# [Work request]
How do the lines below between the ones holding "and as reports" and "pub mod text;", inclusive, read? Give them again exactly, with no other lines.

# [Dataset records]
************

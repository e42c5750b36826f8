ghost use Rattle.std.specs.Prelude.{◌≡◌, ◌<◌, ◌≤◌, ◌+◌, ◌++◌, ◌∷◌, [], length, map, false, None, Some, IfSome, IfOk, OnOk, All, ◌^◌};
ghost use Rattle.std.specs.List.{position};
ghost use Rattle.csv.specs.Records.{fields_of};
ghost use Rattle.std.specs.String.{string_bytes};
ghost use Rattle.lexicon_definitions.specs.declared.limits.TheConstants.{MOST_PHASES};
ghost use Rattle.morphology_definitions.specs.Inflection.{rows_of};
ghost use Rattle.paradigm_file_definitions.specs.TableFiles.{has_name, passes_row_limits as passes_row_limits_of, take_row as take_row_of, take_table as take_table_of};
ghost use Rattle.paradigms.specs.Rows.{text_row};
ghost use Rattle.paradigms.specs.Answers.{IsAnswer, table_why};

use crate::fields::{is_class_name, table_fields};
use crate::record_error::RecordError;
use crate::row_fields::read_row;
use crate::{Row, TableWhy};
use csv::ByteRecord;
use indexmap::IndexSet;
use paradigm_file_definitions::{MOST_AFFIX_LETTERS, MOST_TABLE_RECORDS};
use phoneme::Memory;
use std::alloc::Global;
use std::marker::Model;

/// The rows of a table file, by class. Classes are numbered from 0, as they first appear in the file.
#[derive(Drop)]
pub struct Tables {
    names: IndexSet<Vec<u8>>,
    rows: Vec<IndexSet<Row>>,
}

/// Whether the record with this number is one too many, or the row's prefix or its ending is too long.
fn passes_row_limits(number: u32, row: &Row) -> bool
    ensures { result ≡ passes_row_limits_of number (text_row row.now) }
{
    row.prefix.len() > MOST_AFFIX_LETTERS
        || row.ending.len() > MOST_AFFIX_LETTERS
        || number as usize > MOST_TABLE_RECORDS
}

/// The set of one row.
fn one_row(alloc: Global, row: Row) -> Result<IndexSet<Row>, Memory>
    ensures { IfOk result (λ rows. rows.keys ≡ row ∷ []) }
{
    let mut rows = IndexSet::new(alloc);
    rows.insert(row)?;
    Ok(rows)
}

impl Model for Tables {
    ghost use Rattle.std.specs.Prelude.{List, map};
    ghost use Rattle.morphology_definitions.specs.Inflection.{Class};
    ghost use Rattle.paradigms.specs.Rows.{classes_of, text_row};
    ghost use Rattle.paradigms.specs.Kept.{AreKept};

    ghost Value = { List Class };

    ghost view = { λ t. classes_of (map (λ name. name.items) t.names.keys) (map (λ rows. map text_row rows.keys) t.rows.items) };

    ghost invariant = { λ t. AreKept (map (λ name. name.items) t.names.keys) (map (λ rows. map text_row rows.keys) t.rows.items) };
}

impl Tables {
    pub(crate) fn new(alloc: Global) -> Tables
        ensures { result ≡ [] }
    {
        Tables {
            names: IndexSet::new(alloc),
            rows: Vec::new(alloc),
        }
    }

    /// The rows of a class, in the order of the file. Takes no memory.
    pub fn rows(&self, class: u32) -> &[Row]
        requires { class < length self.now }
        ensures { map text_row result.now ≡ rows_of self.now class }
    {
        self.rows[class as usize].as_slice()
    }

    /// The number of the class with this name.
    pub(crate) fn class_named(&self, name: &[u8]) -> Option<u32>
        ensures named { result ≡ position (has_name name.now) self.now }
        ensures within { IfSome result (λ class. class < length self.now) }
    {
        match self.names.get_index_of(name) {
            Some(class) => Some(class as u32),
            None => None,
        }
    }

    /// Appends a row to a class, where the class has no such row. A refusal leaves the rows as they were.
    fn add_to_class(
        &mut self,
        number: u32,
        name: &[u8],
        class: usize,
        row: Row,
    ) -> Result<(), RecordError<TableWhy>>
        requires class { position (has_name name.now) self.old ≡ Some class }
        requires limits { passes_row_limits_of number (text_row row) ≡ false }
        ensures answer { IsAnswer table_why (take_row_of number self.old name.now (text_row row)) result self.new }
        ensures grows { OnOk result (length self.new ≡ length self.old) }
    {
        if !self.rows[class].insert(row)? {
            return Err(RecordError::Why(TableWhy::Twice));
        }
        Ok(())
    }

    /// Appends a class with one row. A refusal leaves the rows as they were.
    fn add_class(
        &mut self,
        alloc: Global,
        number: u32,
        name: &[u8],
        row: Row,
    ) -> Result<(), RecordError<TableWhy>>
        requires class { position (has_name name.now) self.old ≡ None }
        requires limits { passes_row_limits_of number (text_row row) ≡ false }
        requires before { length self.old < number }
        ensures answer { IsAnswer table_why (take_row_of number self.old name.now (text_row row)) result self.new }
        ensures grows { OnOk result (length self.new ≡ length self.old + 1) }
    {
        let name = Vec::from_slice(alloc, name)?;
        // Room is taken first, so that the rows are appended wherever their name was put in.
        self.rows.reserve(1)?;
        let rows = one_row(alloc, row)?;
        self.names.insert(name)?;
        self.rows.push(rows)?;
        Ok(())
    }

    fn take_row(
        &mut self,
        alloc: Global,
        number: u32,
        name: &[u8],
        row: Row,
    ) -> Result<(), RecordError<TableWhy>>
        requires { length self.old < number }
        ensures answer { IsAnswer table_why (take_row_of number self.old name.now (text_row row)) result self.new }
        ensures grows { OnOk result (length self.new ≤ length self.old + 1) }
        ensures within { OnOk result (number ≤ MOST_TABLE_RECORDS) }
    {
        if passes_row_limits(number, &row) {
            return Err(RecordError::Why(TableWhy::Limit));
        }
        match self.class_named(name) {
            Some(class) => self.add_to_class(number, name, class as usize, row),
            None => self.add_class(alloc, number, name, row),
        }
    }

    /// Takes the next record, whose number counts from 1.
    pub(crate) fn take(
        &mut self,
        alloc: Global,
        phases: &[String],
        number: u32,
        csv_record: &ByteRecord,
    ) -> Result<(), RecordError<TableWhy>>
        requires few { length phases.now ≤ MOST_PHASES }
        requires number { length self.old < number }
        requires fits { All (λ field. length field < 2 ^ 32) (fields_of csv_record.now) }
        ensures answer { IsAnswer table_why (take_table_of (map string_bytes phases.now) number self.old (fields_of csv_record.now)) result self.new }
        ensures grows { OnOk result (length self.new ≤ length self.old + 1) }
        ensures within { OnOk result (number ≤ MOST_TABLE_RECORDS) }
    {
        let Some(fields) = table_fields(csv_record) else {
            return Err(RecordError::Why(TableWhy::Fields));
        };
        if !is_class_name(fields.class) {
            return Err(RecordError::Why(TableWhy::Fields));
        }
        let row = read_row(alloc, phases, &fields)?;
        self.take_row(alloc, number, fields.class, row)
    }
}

************

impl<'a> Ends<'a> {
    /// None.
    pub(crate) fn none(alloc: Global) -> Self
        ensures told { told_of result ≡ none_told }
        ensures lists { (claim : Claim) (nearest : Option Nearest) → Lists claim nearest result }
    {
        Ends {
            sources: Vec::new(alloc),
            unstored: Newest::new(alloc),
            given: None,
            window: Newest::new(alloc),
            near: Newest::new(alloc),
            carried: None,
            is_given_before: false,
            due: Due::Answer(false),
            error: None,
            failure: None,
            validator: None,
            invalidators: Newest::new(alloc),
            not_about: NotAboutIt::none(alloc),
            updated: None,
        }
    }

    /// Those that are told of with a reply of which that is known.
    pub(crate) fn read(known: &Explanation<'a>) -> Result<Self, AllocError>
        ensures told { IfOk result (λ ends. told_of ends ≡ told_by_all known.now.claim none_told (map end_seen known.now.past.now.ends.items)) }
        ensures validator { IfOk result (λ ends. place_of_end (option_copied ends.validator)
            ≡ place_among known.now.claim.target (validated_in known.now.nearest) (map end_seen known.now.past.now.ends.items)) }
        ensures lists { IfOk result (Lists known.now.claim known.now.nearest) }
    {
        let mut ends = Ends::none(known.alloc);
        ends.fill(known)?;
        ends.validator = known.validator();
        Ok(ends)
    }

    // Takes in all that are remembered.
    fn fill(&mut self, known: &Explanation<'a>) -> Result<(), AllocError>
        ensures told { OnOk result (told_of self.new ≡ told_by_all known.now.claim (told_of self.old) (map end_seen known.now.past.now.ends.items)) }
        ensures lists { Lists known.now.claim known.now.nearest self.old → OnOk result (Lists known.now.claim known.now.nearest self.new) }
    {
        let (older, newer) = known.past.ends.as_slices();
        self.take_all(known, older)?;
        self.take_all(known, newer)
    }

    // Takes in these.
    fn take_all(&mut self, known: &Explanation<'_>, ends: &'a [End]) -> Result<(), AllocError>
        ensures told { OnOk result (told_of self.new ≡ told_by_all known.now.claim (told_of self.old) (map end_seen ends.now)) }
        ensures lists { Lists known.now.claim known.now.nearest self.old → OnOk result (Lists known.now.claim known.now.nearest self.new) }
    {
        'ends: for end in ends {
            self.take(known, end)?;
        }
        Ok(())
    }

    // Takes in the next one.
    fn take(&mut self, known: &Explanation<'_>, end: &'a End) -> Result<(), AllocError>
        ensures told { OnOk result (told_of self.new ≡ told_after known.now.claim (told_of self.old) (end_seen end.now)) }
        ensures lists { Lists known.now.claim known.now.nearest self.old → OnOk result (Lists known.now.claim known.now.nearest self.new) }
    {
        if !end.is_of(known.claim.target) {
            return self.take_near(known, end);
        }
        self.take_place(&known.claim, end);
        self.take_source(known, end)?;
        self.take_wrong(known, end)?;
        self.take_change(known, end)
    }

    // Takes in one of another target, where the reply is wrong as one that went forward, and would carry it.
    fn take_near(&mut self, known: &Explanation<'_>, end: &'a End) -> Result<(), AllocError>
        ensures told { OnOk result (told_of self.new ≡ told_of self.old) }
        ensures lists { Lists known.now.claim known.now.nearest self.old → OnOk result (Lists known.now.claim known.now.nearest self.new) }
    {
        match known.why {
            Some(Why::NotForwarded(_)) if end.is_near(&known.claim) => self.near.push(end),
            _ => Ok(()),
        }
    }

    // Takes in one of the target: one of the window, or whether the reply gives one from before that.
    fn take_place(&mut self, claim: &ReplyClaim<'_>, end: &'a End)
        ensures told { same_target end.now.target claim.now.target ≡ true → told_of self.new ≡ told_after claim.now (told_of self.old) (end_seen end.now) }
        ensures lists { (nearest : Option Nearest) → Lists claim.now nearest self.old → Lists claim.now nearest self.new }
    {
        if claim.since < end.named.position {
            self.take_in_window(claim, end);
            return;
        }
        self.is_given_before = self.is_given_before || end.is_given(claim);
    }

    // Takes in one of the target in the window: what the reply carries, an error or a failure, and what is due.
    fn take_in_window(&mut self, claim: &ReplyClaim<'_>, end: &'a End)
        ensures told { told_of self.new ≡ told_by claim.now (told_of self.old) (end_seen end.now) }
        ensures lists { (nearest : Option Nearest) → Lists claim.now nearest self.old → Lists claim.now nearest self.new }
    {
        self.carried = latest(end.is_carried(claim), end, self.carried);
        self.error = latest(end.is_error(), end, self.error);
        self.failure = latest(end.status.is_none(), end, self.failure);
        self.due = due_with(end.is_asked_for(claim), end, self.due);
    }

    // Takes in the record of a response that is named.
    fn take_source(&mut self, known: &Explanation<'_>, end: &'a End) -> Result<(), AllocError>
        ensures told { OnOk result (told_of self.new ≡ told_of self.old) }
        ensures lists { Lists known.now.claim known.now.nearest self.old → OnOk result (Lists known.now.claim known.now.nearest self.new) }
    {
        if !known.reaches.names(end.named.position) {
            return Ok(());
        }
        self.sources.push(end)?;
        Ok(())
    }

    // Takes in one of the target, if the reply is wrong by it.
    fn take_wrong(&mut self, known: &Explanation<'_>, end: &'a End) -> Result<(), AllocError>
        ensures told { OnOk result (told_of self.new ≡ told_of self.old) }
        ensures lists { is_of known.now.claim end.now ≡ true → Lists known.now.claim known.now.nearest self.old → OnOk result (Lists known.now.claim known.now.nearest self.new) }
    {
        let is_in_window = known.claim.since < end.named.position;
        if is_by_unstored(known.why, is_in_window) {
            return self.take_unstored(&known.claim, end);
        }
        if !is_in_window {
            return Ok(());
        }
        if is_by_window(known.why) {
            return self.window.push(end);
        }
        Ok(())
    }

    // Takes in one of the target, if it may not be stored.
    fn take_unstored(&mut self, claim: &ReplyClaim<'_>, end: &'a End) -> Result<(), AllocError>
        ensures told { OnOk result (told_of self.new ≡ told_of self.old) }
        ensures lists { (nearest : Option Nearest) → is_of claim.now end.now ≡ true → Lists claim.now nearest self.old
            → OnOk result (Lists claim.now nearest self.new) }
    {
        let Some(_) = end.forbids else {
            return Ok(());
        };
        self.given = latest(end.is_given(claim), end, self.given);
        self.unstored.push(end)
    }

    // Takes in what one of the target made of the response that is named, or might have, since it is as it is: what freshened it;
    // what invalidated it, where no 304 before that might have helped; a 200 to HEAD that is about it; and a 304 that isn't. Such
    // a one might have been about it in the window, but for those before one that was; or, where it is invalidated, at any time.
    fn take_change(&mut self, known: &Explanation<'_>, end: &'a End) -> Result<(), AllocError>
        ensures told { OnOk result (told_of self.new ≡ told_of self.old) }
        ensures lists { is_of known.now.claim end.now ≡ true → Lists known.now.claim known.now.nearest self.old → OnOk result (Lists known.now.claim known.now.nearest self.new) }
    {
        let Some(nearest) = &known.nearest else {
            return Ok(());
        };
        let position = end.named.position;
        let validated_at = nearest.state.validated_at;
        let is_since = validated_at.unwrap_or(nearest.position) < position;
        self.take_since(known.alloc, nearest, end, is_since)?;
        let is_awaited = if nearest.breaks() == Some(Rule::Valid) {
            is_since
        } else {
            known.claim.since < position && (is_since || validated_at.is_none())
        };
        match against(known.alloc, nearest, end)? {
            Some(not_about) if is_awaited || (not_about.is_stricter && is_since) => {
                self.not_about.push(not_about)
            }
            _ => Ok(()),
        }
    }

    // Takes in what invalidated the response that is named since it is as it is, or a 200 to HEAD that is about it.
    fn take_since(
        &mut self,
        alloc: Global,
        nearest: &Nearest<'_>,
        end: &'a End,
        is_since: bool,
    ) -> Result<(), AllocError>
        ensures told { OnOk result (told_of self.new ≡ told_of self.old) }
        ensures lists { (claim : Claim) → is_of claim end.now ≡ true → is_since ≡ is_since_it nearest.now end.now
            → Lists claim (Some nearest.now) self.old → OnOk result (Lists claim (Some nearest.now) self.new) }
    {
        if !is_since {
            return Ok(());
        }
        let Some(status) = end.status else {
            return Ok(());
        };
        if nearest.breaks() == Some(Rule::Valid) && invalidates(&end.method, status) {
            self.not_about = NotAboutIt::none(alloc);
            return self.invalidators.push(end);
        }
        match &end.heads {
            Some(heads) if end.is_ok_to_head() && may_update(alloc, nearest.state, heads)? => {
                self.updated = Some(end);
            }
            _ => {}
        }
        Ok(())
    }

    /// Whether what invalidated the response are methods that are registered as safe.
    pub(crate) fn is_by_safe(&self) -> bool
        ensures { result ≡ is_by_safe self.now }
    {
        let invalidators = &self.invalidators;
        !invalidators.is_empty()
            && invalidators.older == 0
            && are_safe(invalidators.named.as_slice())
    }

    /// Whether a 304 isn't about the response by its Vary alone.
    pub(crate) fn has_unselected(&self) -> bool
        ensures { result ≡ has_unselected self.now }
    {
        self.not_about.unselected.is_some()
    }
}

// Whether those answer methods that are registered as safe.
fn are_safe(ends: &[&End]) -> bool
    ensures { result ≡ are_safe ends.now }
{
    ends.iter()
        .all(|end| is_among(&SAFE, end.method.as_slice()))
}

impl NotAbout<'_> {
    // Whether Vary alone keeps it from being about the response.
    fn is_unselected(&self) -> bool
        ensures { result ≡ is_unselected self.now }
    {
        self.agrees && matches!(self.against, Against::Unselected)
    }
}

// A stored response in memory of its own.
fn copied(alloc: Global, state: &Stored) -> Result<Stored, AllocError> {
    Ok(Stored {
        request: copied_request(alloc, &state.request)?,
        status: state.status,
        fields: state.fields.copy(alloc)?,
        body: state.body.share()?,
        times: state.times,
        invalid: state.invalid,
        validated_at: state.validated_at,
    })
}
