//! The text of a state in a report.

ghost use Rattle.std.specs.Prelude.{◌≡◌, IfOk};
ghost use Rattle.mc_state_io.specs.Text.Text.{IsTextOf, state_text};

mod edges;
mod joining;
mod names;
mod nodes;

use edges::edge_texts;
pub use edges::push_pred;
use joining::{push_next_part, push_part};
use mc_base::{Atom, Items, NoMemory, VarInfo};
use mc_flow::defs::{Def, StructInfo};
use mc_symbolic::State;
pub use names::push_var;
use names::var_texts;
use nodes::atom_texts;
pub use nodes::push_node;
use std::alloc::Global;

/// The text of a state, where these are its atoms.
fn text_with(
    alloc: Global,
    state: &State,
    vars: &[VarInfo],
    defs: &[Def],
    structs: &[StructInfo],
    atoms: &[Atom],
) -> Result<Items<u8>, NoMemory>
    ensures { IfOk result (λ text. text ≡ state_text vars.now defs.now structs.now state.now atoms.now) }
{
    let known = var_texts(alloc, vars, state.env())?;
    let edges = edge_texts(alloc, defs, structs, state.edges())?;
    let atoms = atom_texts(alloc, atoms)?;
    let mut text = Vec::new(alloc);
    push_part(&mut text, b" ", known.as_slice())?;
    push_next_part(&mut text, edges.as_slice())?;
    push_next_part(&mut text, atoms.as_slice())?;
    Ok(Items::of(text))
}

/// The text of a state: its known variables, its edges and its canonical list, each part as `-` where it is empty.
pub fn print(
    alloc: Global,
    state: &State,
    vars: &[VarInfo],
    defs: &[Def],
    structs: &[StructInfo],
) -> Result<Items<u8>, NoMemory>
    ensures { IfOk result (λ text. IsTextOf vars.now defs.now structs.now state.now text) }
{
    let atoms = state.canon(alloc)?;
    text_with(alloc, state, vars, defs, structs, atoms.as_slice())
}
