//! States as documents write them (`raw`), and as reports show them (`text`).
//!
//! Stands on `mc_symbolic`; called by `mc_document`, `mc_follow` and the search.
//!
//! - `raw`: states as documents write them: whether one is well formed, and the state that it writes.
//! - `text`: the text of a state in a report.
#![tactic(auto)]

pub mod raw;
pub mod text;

************

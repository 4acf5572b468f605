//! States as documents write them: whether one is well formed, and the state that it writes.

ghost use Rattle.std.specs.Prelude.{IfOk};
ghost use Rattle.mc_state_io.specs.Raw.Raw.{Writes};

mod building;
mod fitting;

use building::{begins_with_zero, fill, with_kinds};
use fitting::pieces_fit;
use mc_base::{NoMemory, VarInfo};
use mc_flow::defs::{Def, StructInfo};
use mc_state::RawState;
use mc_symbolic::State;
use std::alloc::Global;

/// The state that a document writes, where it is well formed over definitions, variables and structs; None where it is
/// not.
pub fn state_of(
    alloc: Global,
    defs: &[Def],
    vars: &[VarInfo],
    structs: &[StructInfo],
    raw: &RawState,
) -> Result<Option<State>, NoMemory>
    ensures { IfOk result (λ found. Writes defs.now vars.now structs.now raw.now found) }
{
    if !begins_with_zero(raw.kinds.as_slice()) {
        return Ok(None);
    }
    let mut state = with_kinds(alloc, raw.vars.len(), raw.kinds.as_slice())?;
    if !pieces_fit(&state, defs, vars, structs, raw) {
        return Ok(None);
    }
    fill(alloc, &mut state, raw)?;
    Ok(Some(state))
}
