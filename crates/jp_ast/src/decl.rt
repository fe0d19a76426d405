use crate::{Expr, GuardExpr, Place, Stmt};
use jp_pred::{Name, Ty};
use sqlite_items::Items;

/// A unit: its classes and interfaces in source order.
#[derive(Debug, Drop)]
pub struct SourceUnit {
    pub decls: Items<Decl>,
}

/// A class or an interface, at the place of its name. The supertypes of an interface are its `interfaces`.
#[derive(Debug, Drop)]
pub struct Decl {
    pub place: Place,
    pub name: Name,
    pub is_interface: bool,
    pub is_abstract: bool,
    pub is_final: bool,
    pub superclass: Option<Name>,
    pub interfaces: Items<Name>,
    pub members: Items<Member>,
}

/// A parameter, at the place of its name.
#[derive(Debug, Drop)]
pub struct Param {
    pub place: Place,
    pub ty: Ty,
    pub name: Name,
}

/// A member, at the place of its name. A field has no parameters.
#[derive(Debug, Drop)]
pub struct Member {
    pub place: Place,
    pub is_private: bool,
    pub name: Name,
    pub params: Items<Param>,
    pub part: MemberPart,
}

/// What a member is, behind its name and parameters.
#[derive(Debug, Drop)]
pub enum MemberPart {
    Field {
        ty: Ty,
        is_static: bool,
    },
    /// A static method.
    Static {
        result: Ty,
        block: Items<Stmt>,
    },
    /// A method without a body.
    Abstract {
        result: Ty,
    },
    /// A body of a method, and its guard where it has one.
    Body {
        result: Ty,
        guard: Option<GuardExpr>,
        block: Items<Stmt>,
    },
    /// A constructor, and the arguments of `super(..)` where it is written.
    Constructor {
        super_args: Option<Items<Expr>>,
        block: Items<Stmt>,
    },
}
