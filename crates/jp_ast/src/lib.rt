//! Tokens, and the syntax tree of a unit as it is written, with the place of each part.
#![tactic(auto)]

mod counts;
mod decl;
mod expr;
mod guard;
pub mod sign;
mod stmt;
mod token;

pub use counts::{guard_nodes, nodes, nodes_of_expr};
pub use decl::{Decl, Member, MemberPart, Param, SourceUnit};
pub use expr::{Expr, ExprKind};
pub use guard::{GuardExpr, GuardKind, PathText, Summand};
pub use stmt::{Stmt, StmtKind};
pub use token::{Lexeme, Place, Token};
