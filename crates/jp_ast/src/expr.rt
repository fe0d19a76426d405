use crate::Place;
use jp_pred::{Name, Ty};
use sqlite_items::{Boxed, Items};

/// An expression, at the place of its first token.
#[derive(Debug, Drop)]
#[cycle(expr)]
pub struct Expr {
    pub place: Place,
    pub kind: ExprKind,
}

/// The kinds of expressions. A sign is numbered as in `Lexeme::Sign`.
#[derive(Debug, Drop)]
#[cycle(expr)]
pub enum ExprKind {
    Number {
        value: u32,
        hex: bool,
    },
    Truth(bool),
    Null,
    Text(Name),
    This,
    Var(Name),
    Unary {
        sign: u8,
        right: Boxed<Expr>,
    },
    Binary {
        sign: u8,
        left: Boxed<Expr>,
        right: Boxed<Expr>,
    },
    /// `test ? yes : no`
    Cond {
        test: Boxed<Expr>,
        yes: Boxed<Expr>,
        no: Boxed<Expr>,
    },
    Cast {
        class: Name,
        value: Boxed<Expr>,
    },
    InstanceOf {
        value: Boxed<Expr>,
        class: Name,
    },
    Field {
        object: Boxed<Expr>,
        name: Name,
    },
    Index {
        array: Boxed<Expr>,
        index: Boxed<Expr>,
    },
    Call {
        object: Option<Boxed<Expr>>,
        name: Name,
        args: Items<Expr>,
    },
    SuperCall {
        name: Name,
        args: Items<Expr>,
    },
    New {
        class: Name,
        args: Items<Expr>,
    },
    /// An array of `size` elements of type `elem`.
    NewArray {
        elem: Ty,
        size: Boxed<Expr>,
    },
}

************

# [Answer box]
//! States as documents write them (`raw`), and as reports show them (`text`).
//!
//! Stands on `mc_symbolic`; called by `mc_document`, `mc_follow` and the search.
//!
//! - `raw`: states as documents write them: whether one is well formed, and the state that it writes.
//! - `text`: the text of a state in a report.
#![tactic(auto)]

pub mod raw;
pub mod text;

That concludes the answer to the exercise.